WORK TO BE COMPLETED: Output, word for word, every line from the start of the listing down to and including the line that contains "of the connections."; include nothing else.

----------------------------------------

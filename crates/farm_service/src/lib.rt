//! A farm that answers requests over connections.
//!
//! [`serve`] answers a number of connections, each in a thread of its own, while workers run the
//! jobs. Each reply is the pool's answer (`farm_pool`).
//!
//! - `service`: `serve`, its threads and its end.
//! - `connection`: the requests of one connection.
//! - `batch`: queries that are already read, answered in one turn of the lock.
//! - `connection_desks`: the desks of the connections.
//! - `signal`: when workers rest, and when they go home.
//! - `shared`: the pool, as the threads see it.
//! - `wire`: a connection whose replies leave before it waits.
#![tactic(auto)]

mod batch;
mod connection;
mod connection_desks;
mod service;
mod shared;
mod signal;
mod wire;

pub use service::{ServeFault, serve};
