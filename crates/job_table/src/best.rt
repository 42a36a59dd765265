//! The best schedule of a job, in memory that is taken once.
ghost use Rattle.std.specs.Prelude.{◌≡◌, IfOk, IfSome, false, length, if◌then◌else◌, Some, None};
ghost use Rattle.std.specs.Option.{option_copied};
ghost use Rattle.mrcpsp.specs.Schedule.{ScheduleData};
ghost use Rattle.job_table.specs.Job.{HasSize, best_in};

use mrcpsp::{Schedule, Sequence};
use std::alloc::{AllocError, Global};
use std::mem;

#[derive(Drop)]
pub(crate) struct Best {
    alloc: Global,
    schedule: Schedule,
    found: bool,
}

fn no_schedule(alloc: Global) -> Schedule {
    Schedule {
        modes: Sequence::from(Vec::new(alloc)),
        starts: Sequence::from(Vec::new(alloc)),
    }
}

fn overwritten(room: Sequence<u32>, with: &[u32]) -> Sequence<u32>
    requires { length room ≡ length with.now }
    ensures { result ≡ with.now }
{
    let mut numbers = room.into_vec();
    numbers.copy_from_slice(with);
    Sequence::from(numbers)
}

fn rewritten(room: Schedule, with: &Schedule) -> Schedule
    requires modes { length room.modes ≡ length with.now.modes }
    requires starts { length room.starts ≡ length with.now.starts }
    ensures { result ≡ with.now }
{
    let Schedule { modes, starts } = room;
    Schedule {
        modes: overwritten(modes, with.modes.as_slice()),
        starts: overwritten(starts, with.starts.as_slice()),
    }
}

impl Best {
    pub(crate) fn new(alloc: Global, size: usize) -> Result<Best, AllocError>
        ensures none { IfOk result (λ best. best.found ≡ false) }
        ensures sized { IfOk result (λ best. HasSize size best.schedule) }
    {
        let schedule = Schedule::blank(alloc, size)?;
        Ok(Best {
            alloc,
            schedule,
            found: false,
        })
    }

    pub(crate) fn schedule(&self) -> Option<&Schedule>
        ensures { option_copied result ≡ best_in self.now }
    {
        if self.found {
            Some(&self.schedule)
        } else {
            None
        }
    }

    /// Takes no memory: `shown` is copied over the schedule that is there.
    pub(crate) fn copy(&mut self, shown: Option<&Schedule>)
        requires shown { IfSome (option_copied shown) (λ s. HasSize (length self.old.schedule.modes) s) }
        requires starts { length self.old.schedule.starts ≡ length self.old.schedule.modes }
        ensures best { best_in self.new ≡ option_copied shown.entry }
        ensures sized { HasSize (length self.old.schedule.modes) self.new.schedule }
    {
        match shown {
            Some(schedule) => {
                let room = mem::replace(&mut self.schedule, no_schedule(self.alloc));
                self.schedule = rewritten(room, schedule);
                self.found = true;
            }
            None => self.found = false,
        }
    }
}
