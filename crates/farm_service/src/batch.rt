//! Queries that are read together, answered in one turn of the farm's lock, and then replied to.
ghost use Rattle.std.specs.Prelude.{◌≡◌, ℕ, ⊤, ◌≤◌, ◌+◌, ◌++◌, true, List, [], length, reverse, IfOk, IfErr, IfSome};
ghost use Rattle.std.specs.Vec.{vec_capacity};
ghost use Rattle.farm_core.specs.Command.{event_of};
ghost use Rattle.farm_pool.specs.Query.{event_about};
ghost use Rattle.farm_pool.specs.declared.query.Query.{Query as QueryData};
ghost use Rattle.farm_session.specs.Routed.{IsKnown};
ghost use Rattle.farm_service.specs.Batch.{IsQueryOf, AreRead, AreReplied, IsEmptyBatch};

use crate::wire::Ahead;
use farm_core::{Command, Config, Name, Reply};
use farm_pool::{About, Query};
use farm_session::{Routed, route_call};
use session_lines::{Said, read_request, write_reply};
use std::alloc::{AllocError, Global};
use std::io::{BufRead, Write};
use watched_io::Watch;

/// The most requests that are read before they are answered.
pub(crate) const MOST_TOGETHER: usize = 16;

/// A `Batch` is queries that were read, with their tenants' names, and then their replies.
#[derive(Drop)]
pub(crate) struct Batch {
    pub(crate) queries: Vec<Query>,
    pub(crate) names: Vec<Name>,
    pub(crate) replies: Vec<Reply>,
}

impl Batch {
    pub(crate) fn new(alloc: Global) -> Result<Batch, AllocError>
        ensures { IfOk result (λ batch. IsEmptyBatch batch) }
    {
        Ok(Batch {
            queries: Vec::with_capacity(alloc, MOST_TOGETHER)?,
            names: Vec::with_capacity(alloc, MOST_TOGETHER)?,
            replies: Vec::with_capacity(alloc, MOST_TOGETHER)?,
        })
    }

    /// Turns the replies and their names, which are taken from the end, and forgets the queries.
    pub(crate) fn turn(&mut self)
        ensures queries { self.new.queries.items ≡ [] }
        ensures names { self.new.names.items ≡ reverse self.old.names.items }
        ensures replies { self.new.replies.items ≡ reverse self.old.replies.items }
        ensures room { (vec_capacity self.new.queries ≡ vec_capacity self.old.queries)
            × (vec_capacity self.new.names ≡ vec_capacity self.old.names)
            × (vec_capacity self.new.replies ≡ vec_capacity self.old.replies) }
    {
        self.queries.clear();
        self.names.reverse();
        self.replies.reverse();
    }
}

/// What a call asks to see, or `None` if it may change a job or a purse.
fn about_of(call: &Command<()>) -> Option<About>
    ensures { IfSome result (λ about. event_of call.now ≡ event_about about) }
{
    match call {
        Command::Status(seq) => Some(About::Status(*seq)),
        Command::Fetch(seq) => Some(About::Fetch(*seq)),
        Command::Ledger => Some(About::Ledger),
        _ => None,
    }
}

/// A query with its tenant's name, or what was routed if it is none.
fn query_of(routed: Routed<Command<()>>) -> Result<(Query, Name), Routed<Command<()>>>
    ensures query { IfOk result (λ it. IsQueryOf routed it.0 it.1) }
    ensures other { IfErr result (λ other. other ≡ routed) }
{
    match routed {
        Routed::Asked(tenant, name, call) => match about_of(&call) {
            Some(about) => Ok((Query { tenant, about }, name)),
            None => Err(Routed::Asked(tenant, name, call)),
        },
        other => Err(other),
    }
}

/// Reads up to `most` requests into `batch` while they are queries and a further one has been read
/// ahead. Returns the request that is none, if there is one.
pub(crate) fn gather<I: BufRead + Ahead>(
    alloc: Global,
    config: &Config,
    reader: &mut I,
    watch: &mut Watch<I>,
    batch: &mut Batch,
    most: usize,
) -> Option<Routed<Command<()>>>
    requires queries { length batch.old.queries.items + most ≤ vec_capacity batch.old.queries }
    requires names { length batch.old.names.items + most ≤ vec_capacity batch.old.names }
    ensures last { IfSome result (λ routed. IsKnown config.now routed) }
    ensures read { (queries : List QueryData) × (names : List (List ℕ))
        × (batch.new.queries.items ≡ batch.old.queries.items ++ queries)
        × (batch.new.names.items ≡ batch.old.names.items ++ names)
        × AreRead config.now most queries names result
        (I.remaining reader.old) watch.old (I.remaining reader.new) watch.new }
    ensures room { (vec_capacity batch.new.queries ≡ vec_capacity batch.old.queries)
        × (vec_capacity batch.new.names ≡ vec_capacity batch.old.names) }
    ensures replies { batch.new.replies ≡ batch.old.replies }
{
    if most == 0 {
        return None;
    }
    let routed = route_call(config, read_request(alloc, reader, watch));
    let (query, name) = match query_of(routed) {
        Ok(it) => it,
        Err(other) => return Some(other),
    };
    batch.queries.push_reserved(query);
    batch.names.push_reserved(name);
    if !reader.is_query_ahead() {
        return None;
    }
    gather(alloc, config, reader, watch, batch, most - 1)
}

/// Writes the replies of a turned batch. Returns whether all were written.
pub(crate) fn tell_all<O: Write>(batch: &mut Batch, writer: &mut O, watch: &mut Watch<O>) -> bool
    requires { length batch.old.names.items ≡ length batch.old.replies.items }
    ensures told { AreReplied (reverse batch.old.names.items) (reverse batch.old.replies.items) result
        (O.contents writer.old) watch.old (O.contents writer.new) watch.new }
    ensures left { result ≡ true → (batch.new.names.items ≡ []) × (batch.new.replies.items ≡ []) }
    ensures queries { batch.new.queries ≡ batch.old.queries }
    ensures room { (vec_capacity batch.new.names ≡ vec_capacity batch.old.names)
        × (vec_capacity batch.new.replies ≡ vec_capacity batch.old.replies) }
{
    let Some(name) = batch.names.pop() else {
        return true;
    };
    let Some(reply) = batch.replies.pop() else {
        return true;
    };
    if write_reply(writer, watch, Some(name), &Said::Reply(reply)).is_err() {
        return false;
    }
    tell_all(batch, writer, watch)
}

----------------------------------------

FINISHED EXERCISE:
filename crates/farm_service/src/lib.rt
//! A farm that answers requests over connections.
//!
//! [`serve`] answers a number of connections, each in a thread of its own, while workers run the
//! jobs. Each reply is the pool's answer (`farm_pool`).
//!
//! - `service`: `serve`, its threads and its end.
//! - `connection`: the requests of one connection.
//! - `batch`: queries that are already read, answered in one turn of the lock.
//! - `connection_desks`: the desks of the connections.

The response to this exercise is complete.